The C compiler does some implicit casting.
For example, from int to char and back.
Another common use of casting is in pointer handling.
When arithmetic is
done on pointers, for example in the expression ptr++, there is an implicit
cast from the pointer type to integer to allow addition.
In addition, the
compiler knows how much to add to the pointer address to get the next
object.
If you have an array of integers like this:
int arr[10];
int * iptr;
iptr=arr;
Iptr now contains the address of the first element of the array arr.
The expression iptr++ increases the value in iptr by the size of an integer so
the iptr now contains the address of the second element in the array.
Since a char is one byte (ignoring UNICODE) a character pointer is the lowest
common denominator of pointers.
So the malloc() function returns a
character pointer to the allocated space.

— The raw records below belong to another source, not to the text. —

done 1
"#,
        said: "",
        status: Status::Done,
    },
    Case {
        words: "build",
        script: b"tokc-script 1\nput tokens.json 5\n\xef\xbb\xbf{}\n",
        written: "tokc-stream 1\ncommit 1\nfile default/REFUSED 60\nrule json-syntax\nfile tokens.json\nline 1 column 1\nbytes 0 0\n\ndone 1\n",
        said: "",
        status: Status::Refused,
    },
    Case {
        words: "build",
        script: br#"tokc-script 1
put tokens.json 15
{"a":"\ud800x"}
"#,
        written: "tokc-stream 1\ncommit 1\nfile default/REFUSED 63\nrule json-syntax\nfile tokens.json\nline 1 column 13\nbytes 12 12\n\ndone 1\n",
        said: "",
        status: Status::Refused,
    },
    Case {
        words: "build",
        script: br#"tokc-script 1
put tokens.json 13
{"a":1,"a":2}
"#,
        written: "tokc-stream 1\ncommit 1\nfile default/REFUSED 64\nrule json-duplicate\nfile tokens.json\nline 1 column 8\nbytes 7 10\n\ndone 1\n",
        said: "",
        status: Status::Refused,
    },
    Case {
        words: "build",
        script: b"tokc-script 1\nput tokens.json 1\n{\n",
        written: "tokc-stream 1\ncommit 1\nfile default/REFUSED 60\nrule json-syntax\nfile tokens.json\nline 1 column 2\nbytes 1 1\n\ndone 1\n",
        said: "",
        status: Status::Refused,
    },
    Case {
        words: "build",
        script: b"tokc-script 1\nput tokens.json 130\n[[[[[[[[[[[[[[[[[[[[[[[[[[[[[[[[[[[[[[[[[[[[[[[[[[[[[[[[[[[[[[[[[]]]]]]]]]]]]]]]]]]]]]]]]]]]]]]]]]]]]]]]]]]]]]]]]]]]]]]]]]]]]]]]]]\n",
        written: "tokc-stream 1\ncommit 1\nfile default/REFUSED 62\nrule json-depth\nfile tokens.json\nline 1 column 65\nbytes 64 65\n\ndone 1\n",
        said: "",
        status: Status::Refused,
    },
    Case {
        words: "build",
        script: b"tokc-script 1\nput tokens.json 4\n{} x\n",
        written: "tokc-stream 1\ncommit 1\nfile default/REFUSED 60\nrule json-syntax\nfile tokens.json\nline 1 column 4\nbytes 3 3\n\ndone 1\n",
        said: "",
        status: Status::Refused,
    },
    Case {
        words: "replay",
        script: br#"tokc-script 1
put tokens.json 70
{"space":{"$type":"dimension","s":{"$value":{"value":4,"unit":"px"}}}}
commit
put tokens.json 70
{"space":{"$type":"dimension","s":{"$value":{"value":4,"unit":"px"}}}}
put other.json 2
{}
commit
del tokens.json
del tokens.json
commit
put tokens.json 73
{"space":{"$type":"dimension","s":{"$value":{"value":1.50,"unit":"px"}}}}
commit
"#,
        written: r#"tokc-stream 1
commit 1
file default/Tokens.swift 80
import UIKit

public enum Tokens {
  public static let space_s: CGFloat = 4.0
}

file default/tokens.css 28
:root {
  --space-s: 4px;
}

file default/tokens.json 78
{
  "space.s": {"$type": "dimension", "$value": {"value": 4, "unit": "px"}}
}

file default/tokens.xml 100
<?xml version="1.0" encoding="utf-8"?>
<resources>
  <dimen name="space_s">4dp</dimen>
</resources>

commit 2
commit 3
file default/REFUSED 61
rule file-missing
file tokens.json
line 1 column 1
bytes 0 0

gone default/Tokens.swift
gone default/tokens.css
gone default/tokens.json
gone default/tokens.xml
commit 4
gone default/REFUSED
file default/Tokens.swift 80
import UIKit

public enum Tokens {
  public static let space_s: CGFloat = 1.5
}

file default/tokens.css 30
:root {
  --space-s: 1.5px;
}

file default/tokens.json 80
{
  "space.s": {"$type": "dimension", "$value": {"value": 1.5, "unit": "px"}}
}

file default/tokens.xml 102
<?xml version="1.0" encoding="utf-8"?>
<resources>
  <dimen name="space_s">1.5dp</dimen>
</resources>

done 4
"#,
        said: "",
        status: Status::Done,
    },
    Case {
        words: "build",
        script: br#"tokc-script 1
put tokens.json 2
{}
commit
del tokens.json
commit
put tokens.json 73
{"space":{"$type":"dimension","s":{"$value":{"value":1.50,"unit":"px"}}}}
"#,
        written: r#"tokc-stream 1
commit 1
file default/Tokens.swift 80
import UIKit

public enum Tokens {
  public static let space_s: CGFloat = 1.5
}

file default/tokens.css 30
:root {
  --space-s: 1.5px;
}

file default/tokens.json 80
{
  "space.s": {"$type": "dimension", "$value": {"value": 1.5, "unit": "px"}}
}

file default/tokens.xml 102
<?xml version="1.0" encoding="utf-8"?>
<resources>
  <dimen name="space_s">1.5dp</dimen>
</resources>

done 1
"#,
        said: "",
        status: Status::Done,
    },
    Case {
        words: "replay",
        script: br#"tokc-script 1
put tokens.json 81
{"a":{"$value":"{b}"},"b":{"$type":"dimension","$value":{"value":4,"unit":"px"}}}
commit
put tokens.json 81
{"a":{"$value":"{b}"},"b":{"$type":"dimension","$value":{"value":5,"unit":"px"}}}
commit
put tokc.toml 14
prefix = "ds"

commit
put tokc.toml 11
colour = 1

commit
"#,
        written: r#"tokc-stream 1
commit 1
file default/Tokens.swift 111
import UIKit

public enum Tokens {
  public static let a: CGFloat = 4.0
  public static let b: CGFloat = 4.0
}

file default/tokens.css 39
:root {
  --a: var(--b);
  --b: 4px;
}

file default/tokens.json 141
{
  "a": {"$type": "dimension", "$value": {"value": 4, "unit": "px"}},
  "b": {"$type": "dimension", "$value": {"value": 4, "unit": "px"}}
}

file default/tokens.xml 124
<?xml version="1.0" encoding="utf-8"?>
<resources>
  <dimen name="a">4dp</dimen>
  <dimen name="b">4dp</dimen>
</resources>

commit 2
file default/Tokens.swift 111
import UIKit

public enum Tokens {
  public static let a: CGFloat = 5.0
  public static let b: CGFloat = 5.0
}

file default/tokens.css 39
:root {
  --a: var(--b);
  --b: 5px;
}

file default/tokens.json 141
{
  "a": {"$type": "dimension", "$value": {"value": 5, "unit": "px"}},
  "b": {"$type": "dimension", "$value": {"value": 5, "unit": "px"}}
}

file default/tokens.xml 124
<?xml version="1.0" encoding="utf-8"?>
<resources>
  <dimen name="a">5dp</dimen>
  <dimen name="b">5dp</dimen>
</resources>

commit 3
file default/Tokens.swift 117
import UIKit

public enum Tokens {
  public static let ds_a: CGFloat = 5.0
  public static let ds_b: CGFloat = 5.0
}

file default/tokens.css 48
:root {
  --ds-a: var(--ds-b);
  --ds-b: 5px;
}

file default/tokens.xml 130
<?xml version="1.0" encoding="utf-8"?>
<resources>
  <dimen name="ds_a">5dp</dimen>
  <dimen name="ds_b">5dp</dimen>
</resources>

commit 4
file REFUSED 71
rule config-key
file tokc.toml
line 1 column 1
bytes 0 11
key "colour"

gone default/Tokens.swift
gone default/tokens.css
gone default/tokens.json
gone default/tokens.xml
done 4
"#,
        said: "",
        status: Status::Refused,
    },
    Case {
        words: "replay",
        script: br#"tokc-script 1
put tokens.json 60
{"a":{"$type":"dimension","$value":{"value":4,"unit":"em"}}}
commit
put tokens.json 61
 {"a":{"$type":"dimension","$value":{"value":4,"unit":"em"}}}
commit
"#,
        written: r##"tokc-stream 1
commit 1
file default/REFUSED 100
rule dimension-unit
file tokens.json
line 1 column 54
bytes 53 57
token "a"
place "#/a/$value/unit"

commit 2
file default/REFUSED 100
rule dimension-unit
file tokens.json
line 1 column 55
bytes 54 58
token "a"
place "#/a/$value/unit"

done 2
"##,
        said: "",
        status: Status::Refused,
    },
    Case {
        words: "replay",
        script: br#"tokc-script 1
put tokens.json 64
{"a":{"$value":"{b}"},"b":{"$value":"{c}"},"c":{"$value":"{a}"}}
commit
"#,
        written: r##"tokc-stream 1
commit 1
file default/REFUSED 146
rule alias-cycle
file tokens.json
line 1 column 16
bytes 15 20
token "a"
place "#/a/$value"
ring "#/a/$value"
ring "#/b/$value"
ring "#/c/$value"

done 1
"##,
        said: "",
        status: Status::Refused,
    },
    Case {
        words: "build",
        script: br#"tokc-script 1
put tokens.json 30
{"a":{"b":{"$extends":"{a}"}}}
"#,
        written: r##"tokc-stream 1
commit 1
file default/REFUSED 89
rule extends-cycle
file tokens.json
line 1 column 23
bytes 22 27
ring "#/a"
ring "#/a/b"

done 1
"##,
        said: "",
        status: Status::Refused,
    },
    Case {
        words: "build",
        script: br#"tokc-script 1
put tokens.json 668
{"a":{"t":{"$type":"number","$value":1}},"b":{"x":{"$extends":"{a}"},"y":{"$extends":"{a}"}},"c":{"x":{"$extends":"{b}"},"y":{"$extends":"{b}"}},"d":{"x":{"$extends":"{c}"},"y":{"$extends":"{c}"}},
"e":{"x":{"$extends":"{d}"},"y":{"$extends":"{d}"}},"f":{"x":{"$extends":"{e}"},"y":{"$extends":"{e}"}},"g":{"x":{"$extends":"{f}"},"y":{"$extends":"{f}"}},"h":{"x":{"$extends":"{g}"},"y":{"$extends":"{g}"}},
"i":{"x":{"$extends":"{h}"},"y":{"$extends":"{h}"}},"j":{"x":{"$extends":"{i}"},"y":{"$extends":"{i}"}},"k":{"x":{"$extends":"{j}"},"y":{"$extends":"{j}"}},"l":{"x":{"$extends":"{k}"},"y":{"$extends":"{k}"}},
"m":{"x":{"$extends":"{l}"},"y":{"$extends":"{l}"}}}
"#,
        written: "tokc-stream 1\ncommit 1\nfile default/REFUSED 74\nrule extends-count\nfile tokens.json\nline 1 column 1\nbytes 0 0\ncount 24560\n\ndone 1\n",
        said: "",
        status: Status::Refused,
    },
    Case {
        words: "build",
        script: br#"tokc-script 1
put tokens.json 440
{"a":{"x":{"x":{"x":{"x":{"x":{"x":{"x":{"x":{"x":{"x":{"x":{"x":{"x":{"x":{"x":{"x":{"x":{"x":{"x":{"x":{"x":{}}}}}}}}}}}}}}}}}}}}}},
"b":{"x":{"x":{"x":{"x":{"x":{"x":{"x":{"x":{"x":{"x":{"x":{"x":{"x":{"x":{"x":{"x":{"x":{"x":{"x":{"x":{"x":{"$extends":"{a}"}}}}}}}}}}}}}}}}}}}}}},
"c":{"x":{"x":{"x":{"x":{"x":{"x":{"x":{"x":{"x":{"x":{"x":{"x":{"x":{"x":{"x":{"x":{"x":{"x":{"x":{"x":{"x":{"x":{"$extends":"{b}"}}}}}}}}}}}}}}}}}}}}}}}}
"#,
        written: "tokc-stream 1\ncommit 1\nfile default/REFUSED 72\nrule extends-height\nfile tokens.json\nline 1 column 1\nbytes 0 0\ncount 65\n\ndone 1\n",
        said: "",
        status: Status::Refused,
    },
    Case {
        words: "replay",
        script: b"tokc-script 1\nput tokens.json 2\n{}\ncommit\nput resolver.json 2\n{}\ncommit\n",
        written: r#"tokc-stream 1
commit 1
file default/Tokens.swift 37
import UIKit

The user than casts the returned
character pointer into the pointer type needed.
C++ provides some more explicit forms of casting.
There are 4 types of cast operators in C++:
dynamic_cast
The dynamic_cast is used to downcast or convert from a a base type to a
derived type. If you have
class one {};
class two : public one {};
You can always cast a b to an a (upcast) as an object of class a is larger
or equal in size to an object of class b.
However, the other direction only makes sense if the object of type a is
actually a type b object. The dynamic_cast operator returns the address of
the the cast object or null if the source object isn't the child type.
so if
one foo;
if dynamic_cast<two *> (&foo) returns null than foo isn't actually a two type
object.
static_cast
This is most like the traditional cast. It is used for casts that are
typically left implicit, like float to int or int to long. Also casts
larger types into smaller. This includes float to int or long to int.
Casting a larger type like long to a smaller type like int may result in
lost digits.
Some examples:
int i; long l; float f;
i=f;
i=l;
i=static_cast<int>l);
i=static_cast<int>f);
It is also used to convert pointers from void,
float *fp;
void * vp;
fp= static_cast<float *>vp;
const_cast
This is a strange addition to the language. It allows you to convert a
const to a non-const or a volatile to non volatile. For example:
const in i = 0;
To get a pointer to this variable. Normally this isn't allowed as you can't
get a pointer to a const object that isn't stored in a const pointer
variable.
int * j = const_cast<int *>i);
reinterpret_cast
This is the most dangerous cast. It pretends that the one object is just a
bunch of bits and the cast changes it to another bunch of bits. If the two
types are different, chaos can result. This is rarely if ever needed.